CMU-Q professor compiles decades of research into Turkish Natural Language Processing

Published: 06 Aug 2019 - 09:54 am | Last Updated: 01 Nov 2021 - 05:02 pm

Kemal Oflazer, a faculty at Carnegie Mellon University Qatar, Associate Dean for Research and Area Head of Computer Science.

The Peninsula

A professor at Carnegie Mellon University in Qatar (CMU-Q) has compiled decades of research into Turkish Natural Language Processing.

Many people may not be familiar with the term “Natural Language Processing,” (NLP) but English-speakers experience ask Siri or Alexa a question or use Google Translate service to translate text from one language to another.

There have been many noteworthy advances in natural language processing in English, and often these techniques can be applied to other languages. Some languages, however, can pose significant computational challenges.

Kemal Oflazer, a faculty at Carnegie Mellon University Qatar, Associate Dean for Research and Area Head of Computer Science, completed his bachelor’s and master’s degrees at Middle East Technical University in Ankara. He then pursued his PhD in computer science at Carnegie Mellon University, studying and then working in the US for a decade.

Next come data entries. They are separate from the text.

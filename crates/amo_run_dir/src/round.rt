//! The file of the last round.
ghost use Rattle.std.specs.Prelude.{◌∷◌, [], IfOk, IfSome, IfNone};
ghost use Rattle.amo_system_calls.specs.Calls.{Did, Missed, ReadFile, Makes};
ghost use Rattle.amo_run_faults.specs.declared.layout.Item.TheVariants.{Id, Record};
ghost use Rattle.amo_run_faults.specs.Names.{path_in};

use crate::files::{bytes_of, replaced};
use crate::identity::first_checksum;
use amo_run_faults::{Fault, Item, Setting};
use amo_run_files::RoundFile;
use amo_system_calls::SystemCalls;

/// Returns the file of the last round, if there is one.
///
/// # Errors
/// `Refused` if it is damaged, `NoId` if the folder has no id.
pub fn record_of<S: SystemCalls>(
    system: &mut S,
    setting: &Setting<'_>,
) -> Result<Option<RoundFile>, Fault>
    ensures found { IfOk result (λ last. IfSome last (λ _. Makes (S.has_made system.old) (S.has_made system.new) (Did (ReadFile (path_in setting.now.run.now Record)) ∷ Did (ReadFile (path_in setting.now.run.now Id)) ∷ []))) }
    ensures missing { IfOk result (λ last. IfNone last (Makes (S.has_made system.old) (S.has_made system.new) (Missed (ReadFile (path_in setting.now.run.now Record)) ∷ []))) }
{
    let Some(bytes) = bytes_of(system, setting, Item::Record)? else {
        return Ok(None);
    };
    let first = first_checksum(system, setting, Item::Record)?;
    match RoundFile::read(system.alloc(), &first, &bytes)? {
        Some(record) => Ok(Some(record)),
        None => Err(Fault::Refused(Item::Record)),
    }
}

/// Puts the file of a round in the place of that of the last one. It is on the disk when this
/// returns.
///
/// # Errors
/// `Write` for the system's, `NoId` if the folder has no id.
pub fn replace_record<S: SystemCalls>(
    system: &mut S,
    setting: &Setting<'_>,
    file: &RoundFile,
) -> Result<(), Fault> {
    let first = first_checksum(system, setting, Item::Record)?;
    let text = file.print(system.alloc(), &first)?;
    replaced(system, setting, Item::Record, &text)
}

When he returned to Turkey to teach at Bilkent University, he found that his time away had given him a new perspective. “You rarely get the chance to see what your first language looks like from an external point of view. I wrote a Turkish document, and I realized, there is no Turkish spell-checker,” says Oflazer.

It was the early 1990s, and this observation raised questions that would guide Oflazer’s research interests for the next three decades.

Turkish is an agglutinative language, which means that suffixes attach to a root word like beads on a string. One complex Turkish word with several suffixes could express the same meaning as an entire sentence in English.

“In English, the computer can check spelling against a finite list of words,” said Oflazer. “In Turkish, a given verb root can give rise to about 1.5 million different word forms. It is rather amazing.”

This also brings other interesting properties, such as free word order where the subject, object or the verb can be arranged in any possible order. In English, by comparison, the order is rather fixed.

In the early 1990s, there was no work being done in the area of Turkish NLP. Through funding provided by NATO Science for Stability Program, European Union and Turkish Scientific and Technological Research Council, Oflazer and his graduate students did research and development on Turkish natural language processing.

In 2012, Oflazer was invited to deliver a talk at the Language Resources Evaluation Conference (LREC) in Istanbul on the challenges of Turkish NLP. After the lecture, he was approached by Springer Verlag with a proposition to compile a book on the state of the art of Turkish NLP. Along with co-editor Murat Saraçlar of Boğaziçi University in Istanbul, Oflazer spent more than four years working with researchers—many of them their former graduate students—to bring together 25 years of work. The book was published in 2018 in both hard-copy and online versions, and so far more than 2,000 copies of the various chapters have been downloaded.